Problem description
Write out the data exactly, keeping every line.

Supplied material

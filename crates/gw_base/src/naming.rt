// What names may be, and when two are the same.
ghost use Rattle.std.specs.Prelude.{◌≡◌, IfOk};
ghost use Rattle.std.specs.List.{list_all};
ghost use Rattle.std.specs.String.{string_bytes};
ghost use Rattle.gw_base.specs.Names.{is_name as is_name_of, is_name_byte as is_name_byte_of, begins_name as begins_name_of, is_token as is_token_of, is_token_byte as is_token_byte_of, same_name as same_name_of, lower as lower_of};

use crate::outside::Memory;
use std::alloc::Global;

/// The most bytes of a name.
const NAME_LIMIT: usize = 64;

#[tactic(auto, unfolding(crate::specs::Names::is_name_byte))]
fn is_name_byte(b: u8) -> bool
    ensures { result ≡ is_name_byte_of b }
{
    b.is_ascii_alphabetic() || b.is_ascii_digit() || b == b'_' || b == b'-'
}

fn are_name_bytes(text: &[u8]) -> bool
    ensures { result ≡ list_all is_name_byte_of text.now }
{
    text.iter().all(|b| is_name_byte(*b))
}

fn begins_name(text: &[u8]) -> bool
    ensures { result ≡ begins_name_of text.now }
{
    match text {
        [] => false,
        [first, _rest @ ..] => first.is_ascii_alphabetic() || first.is_ascii_digit(),
    }
}

/// Whether a text is a name, as those of APIs, stages, stage variables, models, validators and authorizers: 1 to 64 of ASCII
/// letters, digits, `_` and `-`, of which the first is a letter or a digit.
#[tactic(auto, unfolding(crate::specs::Names::is_name))]
pub fn is_name(text: &str) -> bool
    ensures { result ≡ is_name_of text.now }
{
    begins_name(text.as_bytes()) && text.len() <= NAME_LIMIT && are_name_bytes(text.as_bytes())
}

#[tactic(auto, unfolding(crate::specs::Names::is_token_byte))]
fn is_token_byte(b: u8) -> bool
    ensures { result ≡ is_token_byte_of b }
{
    b.is_ascii_alphabetic()
        || b.is_ascii_digit()
        || b == b'!'
        || (b'#' <= b && b <= b'\'')
        || b == b'*'
        || b == b'+'
        || b == b'-'
        || b == b'.'
        || (b'^' <= b && b <= b'`')
        || b == b'|'
        || b == b'~'
}

fn are_token_bytes(text: &[u8]) -> bool
    ensures { result ≡ list_all is_token_byte_of text.now }
{
    text.iter().all(|b| is_token_byte(*b))
}

/// Whether a text is a token (RFC 9110, section 5.6.2), as the name of a header field is.
#[tactic(auto, unfolding(crate::specs::Names::is_token))]
pub fn is_token(text: &str) -> bool
    ensures { result ≡ is_token_of text.now }
{
    !text.is_empty() && are_token_bytes(text.as_bytes())
}

/// Whether two names of header fields are equal, without regard to ASCII case (RFC 9110, section 5.1).
#[tactic(auto, unfolding(crate::specs::Names::same_name))]
pub fn same_name(name: &str, other: &str) -> bool
    ensures { result ≡ same_name_of name.now other.now }
{
    name.eq_ignore_ascii_case(other)
}

/// A name in lower case.
pub fn lower(alloc: Global, name: &str) -> Result<String, Memory>
    ensures { IfOk result (λ made. string_bytes made ≡ lower_of name.now) }
{
    let mut made = String::from_str(alloc, name)?;
    made.make_ascii_lowercase();
    Ok(made)
}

Answer below
filename crates/gw_base/src/naming.rt
// What names may be, and when two are the same.
ghost use Rattle.std.specs.Prelude.{◌≡◌, IfOk};
ghost use Rattle.std.specs.List.{list_all};
ghost use Rattle.std.specs.String.{string_bytes};
ghost use Rattle.gw_base.specs.Names.{is_name as is_name_of, is_name_byte as is_name_byte_of, begins_name as begins_name_of, is_token as is_token_of, is_token_byte as is_token_byte_of, same_name as same_name_of, lower as lower_of};

use crate::outside::Memory;
use std::alloc::Global;

/// The most bytes of a name.
const NAME_LIMIT: usize = 64;

#[tactic(auto, unfolding(crate::specs::Names::is_name_byte))]
fn is_name_byte(b: u8) -> bool
    ensures { result ≡ is_name_byte_of b }
{
    b.is_ascii_alphabetic() || b.is_ascii_digit() || b == b'_' || b == b'-'
}

fn are_name_bytes(text: &[u8]) -> bool
    ensures { result ≡ list_all is_name_byte_of text.now }
{
    text.iter().all(|b| is_name_byte(*b))
}

fn begins_name(text: &[u8]) -> bool
    ensures { result ≡ begins_name_of text.now }
{
    match text {
        [] => false,
        [first, _rest @ ..] => first.is_ascii_alphabetic() || first.is_ascii_digit(),
    }
}

/// Whether a text is a name, as those of APIs, stages, stage variables, models, validators and authorizers: 1 to 64 of ASCII
/// letters, digits, `_` and `-`, of which the first is a letter or a digit.
#[tactic(auto, unfolding(crate::specs::Names::is_name))]
pub fn is_name(text: &str) -> bool
    ensures { result ≡ is_name_of text.now }
{
    begins_name(text.as_bytes()) && text.len() <= NAME_LIMIT && are_name_bytes(text.as_bytes())
}

#[tactic(auto, unfolding(crate::specs::Names::is_token_byte))]
fn is_token_byte(b: u8) -> bool
    ensures { result ≡ is_token_byte_of b }
{
    b.is_ascii_alphabetic()
        || b.is_ascii_digit()
        || b == b'!'
        || (b'#' <= b && b <= b'\'')
        || b == b'*'
        || b == b'+'
        || b == b'-'
        || b == b'.'
        || (b'^' <= b && b <= b'`')
        || b == b'|'
        || b == b'~'
}

fn are_token_bytes(text: &[u8]) -> bool
    ensures { result ≡ list_all is_token_byte_of text.now }
{
    text.iter().all(|b| is_token_byte(*b))
}

/// Whether a text is a token (RFC 9110, section 5.6.2), as the name of a header field is.
#[tactic(auto, unfolding(crate::specs::Names::is_token))]
pub fn is_token(text: &str) -> bool
    ensures { result ≡ is_token_of text.now }
{
    !text.is_empty() && are_token_bytes(text.as_bytes())
}

/// Whether two names of header fields are equal, without regard to ASCII case (RFC 9110, section 5.1).
#[tactic(auto, unfolding(crate::specs::Names::same_name))]
pub fn same_name(name: &str, other: &str) -> bool
    ensures { result ≡ same_name_of name.now other.now }
{
    name.eq_ignore_ascii_case(other)
}

/// A name in lower case.
pub fn lower(alloc: Global, name: &str) -> Result<String, Memory>
    ensures { IfOk result (λ made. string_bytes made ≡ lower_of name.now) }
{
    let mut made = String::from_str(alloc, name)?;
    made.make_ascii_lowercase();
    Ok(made)
}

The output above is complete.